2Krl 4,42-44
Pewien człowiek przyszedł z Baal-Szalisza,
przynosząc mężowi Bożemu chleb z pierwocin, dwadzieścia chlebów jęczmiennych i
świeżego zboża w worku. On zaś rozkazał: Podaj ludziom i niech jedzą! Lecz
sługa jego odrzekł: Jakże to rozdzielę między stu ludzi? A on odpowiedział:
Podaj ludziom i niech jedzą, bo tak mówi Pan: Nasycą się i pozostawią resztki.
Położył więc to przed nimi, a ci jedli i pozostawili resztki - według słowa
Pańskiego.
Ef 4,1-6
A zatem zachęcam was ja, więzień w Panu, abyście
postępowali w sposób godny powołania, jakim zostaliście wezwani, z całą pokorą
i cichością, z cierpliwością, znosząc siebie nawzajem w miłości.
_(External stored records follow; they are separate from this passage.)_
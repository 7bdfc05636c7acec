use aft_entries::{Entry, HopPayload, Key, KeyName, Labels, MemDevice, Payload, RoutePayload};
use fib_worker::do_job;
use std::alloc::Global;
use std::test::Fail;
use table_model::{Job, JobNumber, Verdict, Work};

// A next hop, or a label with its group.
#[derive(Clone, Copy)]
enum Item {
    Hop(u64),
    Label(u32, u64),
}

fn key(item: Item) -> Key {
    let name = match item {
        Item::Hop(index) => KeyName::Hop(index),
        Item::Label(label, _) => KeyName::Label(label),
    };
    Key { instance: 0, name }
}

fn hop(alloc: Global, index: u64) -> Entry {
    Entry {
        key: Key {
            instance: 0,
            name: KeyName::Hop(index),
        },
        payload: Payload::Hop(HopPayload {
            ip: None,
            mac: None,
            interface: None,
            subinterface: None,
            source: None,
            target: None,
            push: Labels::new(alloc),
        }),
    }
}

fn label(label: u32, group: u64) -> Entry {
    Entry {
        key: Key {
            instance: 0,
            name: KeyName::Label(label),
        },
        payload: Payload::Route(RoutePayload { instance: 0, group }),
    }
}

fn entry(alloc: Global, item: Item) -> Entry {
    match item {
        Item::Hop(index) => hop(alloc, index),
        Item::Label(name, group) => label(name, group),
    }
}

// A job on an item: whether it is installed, what is reported, and how many entries the device then has.
struct Row {
    item: Item,
    is_install: bool,
    verdict: Verdict,
    held: usize,
}

// The device fails at its third call, which is number 2.
const ROWS: &[Row] = &[
    Row {
        item: Item::Hop(4),
        is_install: true,
        verdict: Verdict::Programmed,
        held: 1,
    },
    Row {
        item: Item::Label(9, 6),
        is_install: true,
        verdict: Verdict::Programmed,
        held: 2,
    },
    Row {
        item: Item::Hop(4),
        is_install: false,
        verdict: Verdict::DeviceFault,
        held: 2,
    },
    Row {
        item: Item::Label(9, 7),
        is_install: true,
        verdict: Verdict::Programmed,
        held: 2,
    },
    Row {
        item: Item::Hop(4),
        is_install: false,
        verdict: Verdict::Programmed,
        held: 1,
    },
    Row {
        item: Item::Hop(4),
        is_install: false,
        verdict: Verdict::Programmed,
        held: 1,
    },
];

fn job(alloc: Global, row: &Row) -> Job {
    let number = JobNumber {
        position: 0,
        index: 0,
    };
    let work = if row.is_install {
        Work::Install(entry(alloc, row.item))
    } else {
        Work::Remove(key(row.item))
    };
    Job { number, work }
}

fn is_right(device: &mut MemDevice, row: &Row, job: &Job) -> bool {
    do_job(device, job) == row.verdict && device.contents().len() == row.held
}

/// Jobs on a device that fails once: what is reported of each, and how many entries the device then has.
#[test]
fn jobs_on_a_device(rt: HostRuntime) -> Result<(), Fail> {
    let alloc = rt.alloc();
    let mut failing = Vec::new(alloc);
    failing.push(2)?;
    let mut device = MemDevice::new(alloc, failing);
    let mut is_all_right = true;
    for row in ROWS {
        let job = job(alloc, row);
        is_all_right &= is_right(&mut device, row, &job);
    }
    assert!(rt; is_all_right && device.refused() == 0);
    Ok(())
}
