use script_lang::{ScriptFaultKind, print_script, read_script};
use std::alloc::Global;

// A script with each row of the language that the first calls of a client want.
const STORED: &str = "modify a\n\
    params a single-primary preserve rib-and-fib-ack\n\
    expect a params-ok\n\
    elect a 10\n\
    expect a elected 10\n\
    add a 1 DEFAULT next-hop 1 ip=192.0.2.1\n\
    add a 2 DEFAULT next-hop 2 ip=192.0.2.2\n\
    add a 3 DEFAULT group 2 hops=2:1\n\
    add a 4 DEFAULT group 1 hops=1:1 backup=2\n\
    add a 5 DEFAULT ipv4 198.51.100.0/24 group=1\n\
    add a 6 DEFAULT ipv4 198.51.100.128/25 group=1\n\
    add a 7 DEFAULT ipv4 203.0.113.0/24 group=2\n\
    add a 8 DEFAULT ipv6 2001:db8::/32 group=1\n\
    add a 9 DEFAULT mpls 100 group=1\n\
    expect a 5 rib-programmed\n\
    expect a 5 fib-programmed\n\
    expect a 9 fib-programmed\n\
    get g * all\n\
    expect g entries 9\n\
    expect g end OK\n\
    flush f id 10 *\n\
    expect f flushed ok\n\
    expect f end OK\n\
    finish a\n\
    expect a end OK";

const ALL_OPTIONS: &str = "modify a\n\
    add a 1 D next-hop 1 ip=1 mac=x interface=e subinterface=3 ipip=a,b,c push=1,2 by none";

const GREATEST_ID: &str =
    "modify a\ndelete a 1 D mpls 7 by 340282366920938463463374607431768211455";

fn prints(alloc: Global, text: &str, printed: &str) -> bool {
    match read_script(alloc, text.as_bytes()) {
        Err(_) => false,
        Ok(script) => {
            match print_script(alloc, &script) {
                Err(_) => false,
                Ok(out) => out.as_str() == printed,
            }
        }
    }
}

fn fails(alloc: Global, text: &[u8], line: u32, kind: ScriptFaultKind) -> bool {
    match read_script(alloc, text) {
        Ok(_) => false,
        Err(fault) => fault.line == line && fault.kind == kind,
    }
}

#[test]
fn scripts_are_printed_as_read(rt: HostRuntime) {
    let alloc = rt.alloc();
    assert!(rt; prints(alloc, STORED, STORED));
    assert!(rt;
        prints(
            alloc,
            "# x\n\n  modify   a \n   \nfinish a\n\n",
            "\n\nmodify a\n\nfinish a"
        )
    );
    assert!(rt; prints(alloc, "", ""));
    assert!(rt; prints(alloc, ALL_OPTIONS, ALL_OPTIONS));
    assert!(rt; prints(alloc, GREATEST_ID, GREATEST_ID));
}

#[test]
fn first_fault_is_told(rt: HostRuntime) {
    let alloc = rt.alloc();
    assert!(rt; fails(alloc, b"modify a\njump a", 2, ScriptFaultKind::UnknownWord));
    assert!(rt;
        fails(
            alloc,
            b"modify a\nelect a 340282366920938463463374607431768211456",
            2,
            ScriptFaultKind::BadNumber
        )
    );
    assert!(rt;
        fails(
            alloc,
            b"modify a\nadd a 18446744073709551616 D mpls 7 group=1",
            2,
            ScriptFaultKind::BadNumber
        )
    );
    assert!(rt;
        fails(
            alloc,
            b"modify a\nget a * all",
            2,
            ScriptFaultKind::NameTaken
        )
    );
    assert!(rt;
        fails(
            alloc,
            b"modify a\nfinish b",
            2,
            ScriptFaultKind::UnknownCall
        )
    );
    assert!(rt; fails(alloc, b"modify a\n\xff", 2, ScriptFaultKind::NotUtf8));
}

#[test]
fn bad_shape_is_told(rt: HostRuntime) {
    let alloc = rt.alloc();
    assert!(rt; fails(alloc, b"modify a\nelect a 01", 2, ScriptFaultKind::BadShape));
    assert!(rt; fails(alloc, b"modify a\nfinish", 2, ScriptFaultKind::BadShape));
    assert!(rt;
        fails(
            alloc,
            b"modify a\nadd a 1 D next-hop 1 mac=x ip=1",
            2,
            ScriptFaultKind::BadShape
        )
    );
    assert!(rt;
        fails(
            alloc,
            b"modify a\nadd a 1 D next-hop 1 push=1,",
            2,
            ScriptFaultKind::BadShape
        )
    );
    assert!(rt;
        fails(
            alloc,
            b"modify a\nadd a 1 D next-hop 1 ipip=,b",
            2,
            ScriptFaultKind::BadShape
        )
    );
    assert!(rt;
        fails(
            alloc,
            b"modify a\nadd a 1 D ipv4 x",
            2,
            ScriptFaultKind::BadShape
        )
    );
    assert!(rt;
        fails(
            alloc,
            b"modify a\ndelete a 1 D ipv4 x group=1",
            2,
            ScriptFaultKind::BadShape
        )
    );
    assert!(rt;
        fails(
            alloc,
            b"modify a\nexpect a end NO",
            2,
            ScriptFaultKind::BadShape
        )
    );
}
Usiłujcie
zachować jedność Ducha dzięki więzi, jaką jest pokój. Jedno jest Ciało i jeden
Duch, bo też zostaliście wezwani do jednej nadziei, jaką daje wasze powołanie.
Jeden jest Pan, jedna wiara, jeden chrzest. Jeden jest Bóg i Ojciec wszystkich,
który [jest i działa] ponad wszystkimi, przez wszystkich i we wszystkich.
J 6,1-15
Potem Jezus udał się za Jezioro Galilejskie,
czyli Tyberiadzkie. Szedł za Nim wielki tłum, bo widziano znaki, jakie czynił
dla tych, którzy chorowali. Jezus wszedł na wzgórze i usiadł tam ze swoimi
uczniami. A zbliżało się święto żydowskie, Pascha. Kiedy więc Jezus podniósł
oczy i ujrzał, że liczne tłumy schodzą do Niego, rzekł do Filipa: Skąd kupimy
chleba, aby oni się posilili? A mówił to wystawiając go na próbę. Wiedział
bowiem, co miał czynić. Odpowiedział Mu Filip: Za dwieście denarów nie
wystarczy chleba, aby każdy z nich mógł choć trochę otrzymać. Jeden z uczniów
Jego, Andrzej, brat Szymona Piotra, rzekł do Niego: Jest tu jeden chłopiec,
który ma pięć chlebów jęczmiennych i dwie ryby, lecz cóż to jest dla tak wielu?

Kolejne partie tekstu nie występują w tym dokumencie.